No tenía prejuicio, pero sí desconocimiento. Recuerdo que había una hiperinflación grande. No quería pedir carne porque salía un huevo. Llegué con mi camisa hawaiana y se reían porque estaba cagado de frío. Cuando llegué había saqueos en Rosario. Mi mamá no me quería dejar ir. “Mamá no jodas”. Me hinchó tanto las pelotas que cuando la llamé por primera vez, desde una cabina, le hice una broma: “Mamá, tenés razón, está todo mal acá. Me van a matar”. A las semanas me llegaron a Las Leñas chalecos antibala. Cuando le aclaré que había sido un chiste, me dejó de hablar casi un año.

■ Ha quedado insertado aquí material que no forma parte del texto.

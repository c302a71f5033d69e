//! The board of a roll: what an opening makes of the content of a checkpoint and of the trees that it has read.
ghost use Rattle.std.specs.Prelude.{◌≡◌, ℕ, ◌∷◌, ◌++◌, ◌<◌, List, [], length, map, IfOk, IfSome, None};
ghost use Rattle.std.specs.Option.{option_to_list};
ghost use Rattle.btr_base.specs.declared.limits.TheConstants.{MAX_STREAMS};
ghost use Rattle.btr_roll.specs.Roll.{IsRoll, StreamFits, reads_of_versions};
ghost use Rattle.btr_streams.specs.Readers.{AreInputsBelow};
ghost use Rattle.btr_streams.specs.Board.{place_of, ids_of};
ghost use Rattle.btr_streams.specs.Restoring.{restored_stream, restored_streams, FitTrees, AllFitTrees};

use crate::board::{Board, Stream};
use crate::readers::with_stream_read;
use btr_board::{Index, Trail};
use btr_hist::Reads;
use btr_roll::{Roll, RollStream, RollVersion};
use btr_tree::Tree;
use std::alloc::{AllocError, Global};

impl Board {
    /// Returns the board with the streams of a roll, whose versions have these trees, and with this number of entries. There is one
    /// list of trees for each stream, in the order of the roll, and each begins with the tree of version 0.
    ///
    /// The caller has read the trees of the roots that the roll says, and knows the number of entries. Neither is tested here.
    ///
    /// It costs time and memory linear in the numbers of streams and of versions, and a logarithm for each of them. An `Err` means
    /// out of memory.
    pub fn restored(
        alloc: Global,
        roll: &Roll,
        trees: Vec<Vec<Tree>>,
        entries: u64,
    ) -> Result<Board, AllocError>
        requires roll { (format : ℕ) × IsRoll format roll.now }
        requires trees { AllFitTrees roll.now (map (λ v. v.items) trees.items) }
        ensures { IfOk result (λ b. b ≡ record {
          streams = restored_streams roll.now (map (λ v. v.items) trees.items);
          entries = entries;
        }) }
    {
        let mut board = Board {
            streams: Trail::empty(),
            readers: Trail::empty(),
            numbers: Index::empty(),
            entries,
        };
        for trees in trees {
            let Some(stream) = roll.streams.get(board.streams.len()) else {
                unreachable!()
            };
            board = board.with_restored(alloc, stream, trees)?;
        }
        Ok(board)
    }

    /// Returns the board with one stream more, which is that of a roll, and whose versions have these trees. The number of entries
    /// stays as it is.
    fn with_restored(
        &self,
        alloc: Global,
        stream: &RollStream,
        trees: Vec<Tree>,
    ) -> Result<Board, AllocError>
        requires room { length self.now.streams < MAX_STREAMS }
        requires fresh { place_of (ids_of self.now.streams) stream.now.id ≡ None }
        requires inputs { IfSome stream.now.spec (AreInputsBelow (length self.now.streams)) }
        requires fits { (format : ℕ) × StreamFits format stream.now }
        requires trees { FitTrees stream.now trees.items }
        ensures { IfOk result (λ b. b ≡ record {
          streams = self.now.streams ++ restored_stream stream.now trees.items ∷ [];
          entries = self.now.entries;
        }) }
    {
        let number = self.streams.len() as u32;
        let next = restored_stream(alloc, stream, trees)?;
        let streams = self.streams.push(alloc, next)?;
        let readers = with_stream_read(alloc, &self.readers, number, stream.spec)?;
        let numbers = self.numbers.insert(alloc, stream.id, number)?;
        Ok(Board {
            streams,
            readers,
            numbers,
            entries: self.entries,
        })
    }
}

/// Returns a stream of a roll as a board keeps it. Its versions have these trees.
fn restored_stream(
    alloc: Global,
    stream: &RollStream,
    trees: Vec<Tree>,
) -> Result<Stream, AllocError>
    ensures { IfOk result (λ s. s ≡ restored_stream stream.now trees.items) }
{
    Ok(Stream {
        id: stream.id,
        spec: stream.spec,
        trees: trail_of(alloc, trees)?,
        reads: restored_reads(alloc, &stream.versions)?,
        numbers: restored_numbers(alloc, stream.entry, &stream.versions)?,
        earliest: stream.first,
    })
}

/// Returns the trees as a trail.
fn trail_of(alloc: Global, trees: Vec<Tree>) -> Result<Trail<Tree>, AllocError>
    ensures { IfOk result (λ t. t ≡ trees.items) }
{
    let mut trail = Trail::empty();
    for tree in trees {
        trail = trail.push(alloc, tree)?;
    }
    Ok(trail)
}

/// Returns what the versions have read, of those that have.
fn restored_reads(alloc: Global, versions: &[RollVersion]) -> Result<Trail<Reads>, AllocError>
    ensures { IfOk result (λ t. t ≡ reads_of_versions versions.now) }
{
    let mut reads = Trail::empty();
    for version in versions {
        reads = with_read(alloc, reads, version.reads)?;
    }
    Ok(reads)
}

/// Returns the reads with one more, if there is one.
fn with_read(
    alloc: Global,
    reads: Trail<Reads>,
    read: Option<Reads>,
) -> Result<Trail<Reads>, AllocError>
    ensures { IfOk result (λ t. t ≡ reads ++ option_to_list read) }
{
    match read {
        Some(read) => reads.push(alloc, read),
        None => Ok(reads),
    }
}

/// Returns the numbers of the entries that made the versions, with that of version 0 before them.
fn restored_numbers(
    alloc: Global,
    first: u64,
    versions: &[RollVersion],
) -> Result<Trail<u64>, AllocError>
    ensures { IfOk result (λ t. t ≡ first ∷ map (λ v. v.entry) versions.now) }
{
    let none = Trail::empty();
    let mut numbers = none.push(alloc, first)?;
    for version in versions {
        numbers = numbers.push(alloc, version.entry)?;
    }
    Ok(numbers)
}
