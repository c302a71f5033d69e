//! The streams of a store in memory: each with the trees of all its versions, as the entries of a history make them.
//!
//! A [`Board`] has all streams. [`Board::stage`] tests an entry, in the order of the causes, and makes the next board, which shares
//! with the one before all that the entry does not change. A [`Snapshot`] is a board at one moment, and answers questions. No call
//! knows of a device: the crate btr_engine writes what an entry makes, and btr_open makes a board of what it has read.
#![tactic(auto)]

// a board, and its questions
mod answering;
mod asking;
mod board;
mod snapshot;
// an entry more
mod making;
mod next_board;
mod next_tree;
mod readers;
mod refusing;
mod retiring;
mod staging;
// what a checkpoint has, and the board that it makes
mod restoring;
mod rolling;

pub use asking::{StreamFacts, Wanted, test_query};
pub use board::{Board, PushFault, Receipt, Staged};
pub use making::{Alone, Crew, TreeMaker};
pub use snapshot::Snapshot;
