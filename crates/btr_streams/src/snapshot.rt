//! The snapshot: a store at one moment, which later entries do not change.
ghost use Rattle.std.specs.Prelude.{◌≡◌, List, length, IfOk, MatchOption};
ghost use Rattle.btr_hist.specs.declared.entry.Entry.{Entry as EntrySpec};
ghost use Rattle.btr_hist.specs.History.{ids, stream_of, spec_of, read_by};
ghost use Rattle.btr_hist.specs.Answer.{answer};
ghost use Rattle.btr_streams.specs.Board.{HasVersion, IsTreeOf, latest_of};
ghost use Rattle.btr_streams.specs.Snapshot.{IsSnapshotOf};

use crate::board::Board;
use btr_hist::{Answer, Query, Reads, Spec};
use btr_tree::Tree;
use std::alloc::{AllocError, Global};

/// A store as it was at one moment. It answers from the entries of that moment for good, in any thread, whatever is added to
/// the store later. It shares its trees with the store, and calls no device.
#[derive(Drop)]
pub struct Snapshot {
    pub(crate) board: Board,
}

impl Snapshot {
    /// Returns the snapshot of a board, in constant time. An `Err` means out of memory.
    pub(crate) fn of(board: &Board) -> Result<Snapshot, AllocError>
        ensures { IfOk result (λ s. s.board ≡ board.now) }
    {
        Ok(Snapshot {
            board: board.share()?,
        })
    }

    /// Returns the same snapshot once more, in constant time. An `Err` means out of memory.
    pub fn share(&self) -> Result<Snapshot, AllocError>
        ensures { IfOk result (λ s. s ≡ self.now) }
    {
        Snapshot::of(&self.board)
    }

    /// Returns the number of entries, in constant time. It takes no memory.
    pub fn entries(&self) -> u64
        ensures { (h : List EntrySpec) → IsSnapshotOf h self.now → result ≡ length h }
    {
        self.board.entries()
    }

    /// Returns the number of streams, in constant time. It takes no memory.
    pub fn streams(&self) -> u32
        ensures { (h : List EntrySpec) → IsSnapshotOf h self.now → result ≡ length (ids h) }
    {
        self.board.streams()
    }

    /// Returns the number of the stream with this id, if there is one: the first in order of creation. It takes logarithmic
    /// time and no memory.
    pub fn find(&self, id: u128) -> Option<u32>
        ensures { (h : List EntrySpec) → IsSnapshotOf h self.now → result ≡ stream_of h id }
    {
        self.board.find(id)
    }

    /// Returns the latest version of a stream, which is the number of its commits, or `None` if there is no such stream. It
    /// takes logarithmic time and no memory.
    pub fn latest(&self, stream: u32) -> Option<u64>
        ensures { (h : List EntrySpec) → IsSnapshotOf h self.now → result ≡ latest_of h stream }
    {
        self.board.latest(stream)
    }

    /// Returns the tree of a version of a stream, or `None` if there is no such stream or version. The tree has the points
    /// that the stream's commits up to the version leave. A retired version has its tree: outputs may still be computed from it. It
    /// takes logarithmic time and no memory.
    pub fn tree(&self, stream: u32, version: u64) -> Option<&Tree>
        ensures { (h : List EntrySpec) → IsSnapshotOf h self.now
            → MatchOption result (HasVersion h stream version → ⊥) (λ t. IsTreeOf h stream version t.now) }
    {
        self.board.tree(stream, version)
    }

    /// Returns the spec of an output. A plain stream, and a number that is not that of a stream, have none. It takes logarithmic
    /// time and no memory.
    pub fn spec(&self, stream: u32) -> Option<Spec>
        ensures { (h : List EntrySpec) → IsSnapshotOf h self.now → result ≡ spec_of h stream }
    {
        self.board.spec(stream)
    }

    /// Returns the versions of its inputs that a version of an output was computed from. Version 0, a version of a plain stream,
    /// and one that the stream does not have, have none. It takes logarithmic time and no memory.
    pub fn reads(&self, stream: u32, version: u64) -> Option<Reads>
        ensures { (h : List EntrySpec) → IsSnapshotOf h self.now → result ≡ read_by h stream version }
    {
        self.board.reads(stream, version)
    }

    /// Answers a question. It costs the nodes of the tree that the question needs, and its rows. The list of all streams costs
    /// their number. An `Err` means out of memory.
    pub fn answer(&self, alloc: Global, query: &Query) -> Result<Answer, AllocError>
        ensures { (h : List EntrySpec) → IsSnapshotOf h self.now → IfOk result (λ a. a ≡ answer h query.now) }
    {
        self.board.answer(alloc, query)
    }
}
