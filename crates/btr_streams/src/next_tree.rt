//! The tree of the next version of a stream.
ghost use Rattle.std.specs.Prelude.{◌≤◌, List, length, IfOk, IfErr, OnOk};
ghost use Rattle.btr_base.specs.declared.point.Point.{Point as PointSpec};
ghost use Rattle.btr_base.specs.declared.limits.TheConstants.{MAX_POINTS};
ghost use Rattle.btr_base.specs.Bag.{IsInOrder};
ghost use Rattle.btr_base.specs.Point.{AreInDomain};
ghost use Rattle.btr_tree.specs.Root.{IsTreeFault};
ghost use Rattle.btr_hist.specs.Legal.{version_rejection, points_rejection};
ghost use Rattle.btr_streams.specs.Board.{HasPast, AreTrees};
ghost use Rattle.btr_streams.specs.Stage.{PushCause, OfEachStream, IsNextCommit, IsAllowedNext, change_in, WritesNext};

use crate::board::PushFault;
use crate::making::TreeMaker;
use btr_base::MAX_VERSIONS;
use btr_board::Trail;
use btr_hist::Rejection;
use btr_tree::{Label, NewNode, Steps, Tree, TreeCommit, TreeFault};
use std::alloc::Global;

/// The label of the counters of the nodes that a staged commit writes.
struct StageWalk;

impl Label for StageWalk {}

/// The next version of a stream: its tree, the new nodes, and the block of the root, or 0 if it has no point.
#[derive(Drop)]
pub(crate) struct NextVersion {
    pub(crate) tree: Tree,
    pub(crate) nodes: Vec<NewNode>,
    pub(crate) root: u64,
}

/// Returns the tree of the next version of a stream with these trees, if the stream may have the version and its points, and what
/// the version writes. The added points lie in the domain.
pub(crate) fn next_tree<M: TreeMaker>(
    maker: &M,
    alloc: Global,
    trees: &Trail<Tree>,
    commit: &TreeCommit<'_>,
) -> Result<NextVersion, PushFault>
    requires able { M.can_make }
    requires trees { AreTrees trees.now }
    requires commit { IsNextCommit trees.now commit.now }
    ensures next { IfOk result (λ v. IsAllowedNext trees.now (change_in commit.now) v.tree) }
    ensures cause { IfErr result (λ f. OfEachStream trees.now
        (λ h stream. PushCause (version_rejection h stream (change_in commit.now)) f)) }
    ensures grown { IfOk result (λ v. HasPast v.tree) }
    ensures few { OnOk result ((length trees.now ≤ MAX_VERSIONS) × (length commit.now.added.now ≤ MAX_POINTS)) }
    ensures writes { IfOk result (λ v. WritesNext commit.now.first trees.now (change_in commit.now) v.tree v.nodes.items v.root) }
{
    let latest = trees.len() - 1;
    if latest >= MAX_VERSIONS {
        return Err(PushFault::Rejected(Rejection::VersionLimit));
    }
    let Some(last) = trees.get(latest) else {
        unreachable!()
    };
    let mut steps = Steps::<StageWalk>::new();
    match maker.apply(alloc, last, commit, &mut steps) {
        Ok(applied) => {
            let root = applied.tree.root();
            Ok(NextVersion {
                tree: applied.tree,
                nodes: applied.nodes,
                root,
            })
        }
        Err(fault) => Err(push_fault(fault)),
    }
}

/// Converts a fault of the tree.
fn push_fault(fault: TreeFault) -> PushFault
    ensures { (b : List PointSpec) → IsTreeFault b fault → IsInOrder b → AreInDomain b → PushCause (points_rejection b) result }
{
    match fault {
        TreeFault::Crowded { start } => PushFault::Rejected(Rejection::Crowded { start }),
        TreeFault::TooManyPoints { count } => PushFault::Rejected(Rejection::TooManyPoints {
            count,
        }),
        TreeFault::Want => PushFault::Want,
    }
}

¿Cocinar te ayudó como arma de seducción o en definitiva es mito?
A cualquier persona ayuda. Es una ventaja grande a la hora de seducir. Antes de entrar en la televisión no tenía ese éxito con las mujeres. Es algo ligado exclusivamente a la fama. Por eso no lo tomo en serio. Es difícil. Hace un tiempo me mudé por amor a Recoleta, y a los seis meses me separé de la chica y volví a mudarme a Belgrano R por otra novia. Y me dejó, pum. No le gustaba mucho este medio a la chica. Me dicen de todo en las redes. Cosas guarangas también.

¿Comer es tu adicción?
Es la única adicción que tengo. Tuve idea de un cinturón o banda gástrica, pero no. En 2016 voy a cuidar más mi salud. Comer es la única adicción que no se puede dejar. No es pecado comer; la gula sí. Si yo tengo un problema, no voy a tomar alcohol. Voy a ir a la heladera.
¿Cómo es tu postura política en Francia?
No sé si soy de izquierda. Tengo una tendencia a la igualdad de la repartición de bienes, pero ellos, mi familia, siempre me vieron como de derecha. Me chupa un huevo la política.

¿En la Argentina también?
Me marcó mucho el discurso brillante que hizo Daniel Scioli en su derrota. Una persona tranquila. Yo decía: “Este tipo si hablaba así un mes atrás, ganaba las elecciones”. Pero bueno, lo mío es la cocina. Pasa que la velocidad del programa ha cambiado mis prioridades. Es curioso: me llaman para estar en cientos de eventos, pero muchas veces para que no cocine.